Inspector Followup Item (400/94-12-01):
Review the licensee's activities to upgrade/qualify AFW HOVs for higher thrust values.
No violations or deviations were identified.
b.
Surveillance Observation (61726)
Surveillance tests were observed to verify that approved procedures were being used; qualified personnel were conducting the tests; tests were adequate to verify equipment operability; calibrated equipment was utilized; and TS requirements were followed.
The following tests were observed and/or data reviewed:
~ OST-1004 Power Range Heat Balance Daily Interval
~ OST-1039 Calculation of quadrant Power Tilt Ratio
~ OST-1075 Turbine Mechanical Overspeed Trip Test 18 month Interval
~ OST-1508 ISI Operability Test for 1CS-167, 1CS-294, 1CS-775, 1CS-776 quarterly Interval
~ HST-10635
~ HST-10636 Self Heating Test of Installed Resistance Thermometers In-Situ Response Time Testing of Installed RTDs using ANS Model ERT-1
~ EST-709 Reactor Coolant System Flow Determination by Calorimetric
~ EST-710 Hot Channel Factor Tests
~ EST-724 Shutdown and Control Rod Drop Test Using Computer
In general, the performance of these procedures was found to be satisfactory with proper use of calibrated test equipment, necessary communications established, notification/authorization of control room personnel, and knowledgeable personnel having performed the tasks.

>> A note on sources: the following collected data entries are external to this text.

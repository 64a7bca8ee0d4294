//! Texts that are refused, and texts that say nothing.

use super::talk::prints;
use far_split::NoGate;
use std::alloc::{AllocError, Global};
use std::sync::Wait;
use std::thread::Threads;

/// Texts that are made whole, and what is printed.
const SHORT_TEXTS: [(&str, &str); 8] = [
    ("", "book\n"),
    ("\n", "book\n"),
    ("\n\n\n", "book\n"),
    ("#", "book\n"),
    ("# alone\n", "book\n"),
    ("\n# one\n\n#two\n#", "book\n"),
    // A heap alone has its mutators.
    ("heap 2 1", "mutator 0\nbook\n"),
    (
        "# words\n\nheap 64 3 9\n",
        "mutator 0\nmutator 1\nmutator 2\nbook\n",
    ),
];

// Shapes out of range, also where a mutator has lines that the heap would have.
const BAD_SHAPES: [&str; 12] = [
    "heap 1 1",
    "heap 65 1",
    "heap 4 0",
    "heap 4 9",
    "heap 0 0",
    "heap 260 257",
    "heap 4 4294967297",
    "heap 4 18446744073709551615",
    "heap 18446744073709551615 1",
    "heap 4 1 4611686018427387904",
    "heap 4 9\nnew 8 8 1",
    "heap 1 18446744073709551615\nopen 18446744073709551614\nlogs",
];

// Whether each of these shapes is refused.
fn are_refused<R: Threads + Wait + Sync>(rt: &R, alloc: Global) -> bool {
    for text in BAD_SHAPES {
        if !prints(rt, alloc, text, &NoGate, "refused 15\n") {
            return false;
        }
    }
    true
}

#[test]
fn short_texts_are_answered(rt: HostRuntime) {
    for (text, wanted) in SHORT_TEXTS {
        assert!(rt; prints(&rt, rt.alloc(), text, &NoGate, wanted), "at {text}");
    }
    assert!(rt; are_refused(&rt, rt.alloc()));
}

// The number of the first line off the grammar, and the text, with / for a newline: what no thread runs, mutators that the heap hasn't, words
// that say nothing. A shape out of range is beside it in some.
const BAD_TEXTS: &str = "\
4 heap 4 1/new 0 8 1/round oldest 1 9/epoch 0
2 heap 4 1/epoch 0
2 heap 4 1/where 0 0
2 heap 4 1/select oldest 1
2 heap 4 1/select script 1 0
2 heap 4 1/mark 1
2 heap 4 1/wait
2 heap 4 1/evacuate 1
2 heap 4 1/abort
2 heap 4 1/round script 1 0 9
2 heap 4 1/round oldest 65 9
3 heap 4 1/open 0/device flip 1
3 heap 4 1/device short 1/device flip 1
3 heap 4 1/device short 1/epoch 0
2 heap 4 1/open 1
3 heap 4 2/open 1/open 2
2 heap 4 8/new 8 8 1
2 heap 4 1/close 256
2 heap 4 1/drop 18446744073709551615 0
2 heap 4 1/view 1 0
2 heap 4 1/try 1 0
2 heap 4 1/read 1 0 0 1
2 heap 4 1/write 1 0 0 ff
2 heap 4 1/open
2 heap 4 1/write 0 0 0 f
5 heap 4 1//# words/open 0/logs 1/bad
1 open 0/heap 4 1
3 heap 4 1/logs/heap 4 1
2 heap 1 1/x
2 heap 1 1/new 1 8 1
2 heap 4 0/open 0
3 heap 4 9/open 8/open 9
2 heap 4 18446744073709551615/open 18446744073709551615
";

// A row's text, and what is printed.
fn texts_of(alloc: Global, row: &str) -> Result<(String, String), AllocError> {
    let (number, text) = row.split_once(' ').unwrap_or(("", row));
    let text = text.replace(alloc, "/", "\n")?;
    let answer = format!(in alloc; "refused 16 {number}\n")?;
    Ok((text, answer))
}

// Whether a row's text is refused for its line.
fn is_refused<R: Threads + Wait + Sync>(rt: &R, alloc: Global, row: &str) -> bool {
    match texts_of(alloc, row) {
        Ok((text, answer)) => prints(rt, alloc, &text, &NoGate, &answer),
        Err(_) => false,
    }
}

#[test]
fn one_bad_line_refuses_the_whole_text(rt: HostRuntime) {
    for row in BAD_TEXTS.lines() {
        assert!(rt; is_refused(&rt, rt.alloc(), row), "at {row}");
    }
}

// A text of so many empty lines.
fn lines_of(alloc: Global, count: u64) -> Result<String, AllocError> {
    let mut text = String::new(alloc);
    for _ in 0..count {
        text.push('\n')?;
    }
    Ok(text)
}

// Whether it prints this.
fn prints_so<R: Threads + Wait + Sync>(rt: &R, alloc: Global, count: u64, wanted: &str) -> bool {
    match lines_of(alloc, count) {
        Ok(text) => prints(rt, alloc, &text, &NoGate, wanted),
        Err(_) => false,
    }
}

#[test]
fn a_text_has_so_many_bytes_at_most(rt: HostRuntime) {
    assert!(rt; prints_so(&rt, rt.alloc(), 1_048_576, "book\n"));
    assert!(rt; prints_so(&rt, rt.alloc(), 1_048_577, "refused 16 0\n"));
}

Review of Nonconformance Reports (71707)
Adverse Condition Feedback Reports (ACFR) were reviewed to verify the following:
TS were complied with, corrective actions and generic items were identified and items were reported as required by 10 CFR 50.73.
(1)
ACFR 94-1819 reported that regular work was being scheduled during the same time interval as work listed on the outage schedule without the same risk reviews performed in conjunction with the generation of the outage schedule.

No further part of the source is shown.